LKalculus project page

Presentation

LKalculus is a theorem prover for LK theory (classic logic) written in Common LISP. Its algorithm is based on the Oiva Ketonen's rules which are a variant of the Gentzen's sequents method.

The current version release is 0.1, so LKalculus is very basilar now and needs a parser to simplify expressions. It should work for any Common LISP implementation, but it is tested to run on CLISP. It requires ASDF too.

Syntax

The LKalculus sintax is very simple: you can write propositions, variables and constants by a list containing symbols and numbers according to the following rules:

a proposition is a list delimited by brackets and preceded by apostrophe;
the first symbol is the proposition identifier;
the rest is made out of symbols (variables) and numbers (constants).

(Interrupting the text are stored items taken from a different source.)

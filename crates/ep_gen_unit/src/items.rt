//! The code of `write` and `writeln`.

ghost use Rattle.std.specs.Prelude.{◌≡◌, [], ◌∷◌, OnOk, false, map};
ghost use Rattle.ep_typed.specs.Trees.{Plain, Wide};
ghost use Rattle.ep_typed.specs.Viewed.{expr_of, item_of};
ghost use Rattle.ep_gen_code.specs.Instructions.{bare};
ghost use Rattle.ep_gen_code.specs.Growth.{Grows};
ghost use Rattle.ep_gen_unit.specs.StmtCode.{output_code, plain_code, before_width, wide_code, line_end_code};
ghost use Rattle.ep_gen_unit.specs.StmtGrowth.{AppendsItem, AppendsItems};

use ep_base::NoMemory;
use ep_gen_code::{Code, emit};
use ep_gen_expr::{expression_code, standard_code};
use ep_object::op;
use ep_typed::{StandardFile, TypedExpr, WriteItem};
use ep_values::Print;
use std::alloc::Global;

/// The char that ends a line.
const LINE_END: i64 = 10;

/// How `Form` makes an integer, a Boolean and a text.
const FORM_INTEGER: i64 = 0;

const FORM_BOOLEAN: i64 = 1;

const FORM_TEXT: i64 = 2;

/// Appends the code that writes items one after another, and then the line end where there is one.
#[tactic(auto, using(crate::proofs::ItemForms::items_end))]
pub fn items_code(
    alloc: Global,
    items: &[WriteItem],
    ends_line: bool,
    code: &mut Code,
) -> Result<(), NoMemory>
    ensures { OnOk result (AppendsItems code.old code.new (map item_of items.now) ends_line) }
{
    each_code(alloc, items, code)?;
    if ends_line { line_end(code) } else { Ok(()) }
}

/// Appends the code that writes items one after another.
fn each_code(alloc: Global, items: &[WriteItem], code: &mut Code) -> Result<(), NoMemory>
    ensures { OnOk result (AppendsItems code.old code.new (map item_of items.now) false) }
{
    for item in items {
        item_code(alloc, item, code)?;
    }
    Ok(())
}

/// Appends the code that ends the line.
fn line_end(code: &mut Code) -> Result<(), NoMemory>
    ensures { OnOk result (Grows code.old code.new (line_end_code code.old.line)) }
{
    output_place(code)?;
    emit(code, op::PUSH, LINE_END, 0)?;
    emit(code, op::CHARS, 0, 0)?;
    emit(code, op::PUT, 0, 0)
}

/// Appends the place of `output`.
fn output_place(code: &mut Code) -> Result<(), NoMemory>
    ensures { OnOk result (Grows code.old code.new (output_code code.old.line ∷ [])) }
{
    standard_code(StandardFile::Output, code)
}

/// Appends the code that writes an item.
fn item_code(alloc: Global, item: &WriteItem, code: &mut Code) -> Result<(), NoMemory>
    ensures { OnOk result (AppendsItem code.old code.new (item_of item.now)) }
{
    match &item.width {
        None => plain_item(alloc, item.print, item.value.get(), code),
        Some(width) => wide_item(alloc, item.print, item.value.get(), width.get(), code),
    }
}

/// Appends the code that writes an item without a width.
fn plain_item(
    alloc: Global,
    print: Print,
    value: &TypedExpr,
    code: &mut Code,
) -> Result<(), NoMemory>
    ensures { OnOk result (AppendsItem code.old code.new (Plain print (expr_of value.now))) }
{
    output_place(code)?;
    expression_code(alloc, value, code)?;
    apply_plain(print, code)?;
    emit(code, op::PUT, 0, 0)
}

/// Appends the code that writes an item with a width.
fn wide_item(
    alloc: Global,
    print: Print,
    value: &TypedExpr,
    width: &TypedExpr,
    code: &mut Code,
) -> Result<(), NoMemory>
    ensures { OnOk result (AppendsItem code.old code.new (Wide print (expr_of value.now) (expr_of width.now))) }
{
    output_place(code)?;
    expression_code(alloc, value, code)?;
    apply_before_width(print, code)?;
    expression_code(alloc, width, code)?;
    apply_wide(print, code)?;
    emit(code, op::PUT, 0, 0)
}

/// Appends what makes a value a text. A text stays as it is.
fn apply_plain(print: Print, code: &mut Code) -> Result<(), NoMemory>
    ensures { OnOk result (Grows code.old code.new (plain_code code.old.line print)) }
{
    match print {
        Print::Integer => emit(code, op::FORM, FORM_INTEGER, 0),
        Print::Char => emit(code, op::CHARS, 0, 0),
        Print::Boolean => emit(code, op::FORM, FORM_BOOLEAN, 0),
        Print::Text => Ok(()),
    }
}

/// Appends what makes a char a text, before its width. Other values stay as they are.
fn apply_before_width(print: Print, code: &mut Code) -> Result<(), NoMemory>
    ensures { OnOk result (Grows code.old code.new (before_width code.old.line print)) }
{
    match print {
        Print::Char => emit(code, op::CHARS, 0, 0),
        Print::Integer | Print::Boolean | Print::Text => Ok(()),
    }
}

/// Appends what makes a value a text of a width.
fn apply_wide(print: Print, code: &mut Code) -> Result<(), NoMemory>
    ensures { OnOk result (Grows code.old code.new (wide_code code.old.line print ∷ [])) }
{
    match print {
        Print::Integer => emit(code, op::FORM, FORM_INTEGER, 1),
        Print::Boolean => emit(code, op::FORM, FORM_BOOLEAN, 1),
        Print::Char | Print::Text => emit(code, op::FORM, FORM_TEXT, 1),
    }
}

So if P(x,y,c) is a proposition in which x,y are variables and c is a constant, its translation into LKalculus is '(P x y 1). The sintax is very flexible so that variables like x1, foo, x57 and constants like 2, 3, 671 are admitted. Connectives are used by lists too, they are "non" for "not", "et" for "and", "vel" for "or", "implies" for "implies", "forall" for "for all", "exist" for "there exists". The translations for

$\neg P(x),\qquad P(x)\wedge Q(x),\qquad P(x) \vee Q(x), \\ P(x)\rightarrow Q(x),\qquad \forall x P(x),\quad \exists x P(x)$

are, respectively,

     '(non '(P x))

     '(et '(P x) '(Q x))

     '(vel '(P x) '(Q x))

     '(implies '(P x) '(Q x))

     '(forall x '(P x))

     '(exist x '(P x))

Et and vel admit any number of arguments while non and implies only one and two respectively. The forall and exist operators admit one (bound) variable and one proposition. Finally the proof function gets two list of statements (ipothesis and thesis) and searches for a proof.

Example

We want to demostrate the famous Socrates syllogism: all men are mortals, Socrates is a men, then Socrates is mortal. If we write P(x) for "x is a man", M(x) for "x is mortal" and 1 for Socrates, than the ipotesis-thesis scheme is

$\forall x (P(x)\rightarrow M(x)), \qquad P(1)\qquad \vdash \qquad M(1)$

Now we search for a proof in a Common LISP implementation, for example in CLISP:

bash-3.1$ clisp
[1]> (load "lkalculus.lisp")
;; Loading file lkalculus.lisp ...
;; Loading file asdf.lisp ...
;; Loaded file asdf.lisp
;; Loading file lkalculus.asd ...
;; Loaded file lkalculus.asd
;; Loading file /home/raffaele/programmi/lkalculus-0.1/utility.fas ...
;; Loaded file /home/raffaele/programmi/lkalculus-0.1/utility.fas
;; Loading file /home/raffaele/programmi/lkalculus-0.1/operators.fas ...
;; Loaded file /home/raffaele/programmi/lkalculus-0.1/operators.fas
0 errors, 0 warnings
;; Loaded file lkalculus.lisp
T
[2]> (in-package :operators)
#<PACKAGE OPERATORS>
OPERATORS[3]> (proof '('(forall x '(implies '(P x) '(M x))) '(P 1)) '('(M 1)))
a proof is found!!
NIL

License

This program is free software; you can redistribute it and/or modify it under the terms of the GNU General Public License as published by the Free Software Foundation; either version 2 of the License, or (at your option) any later version.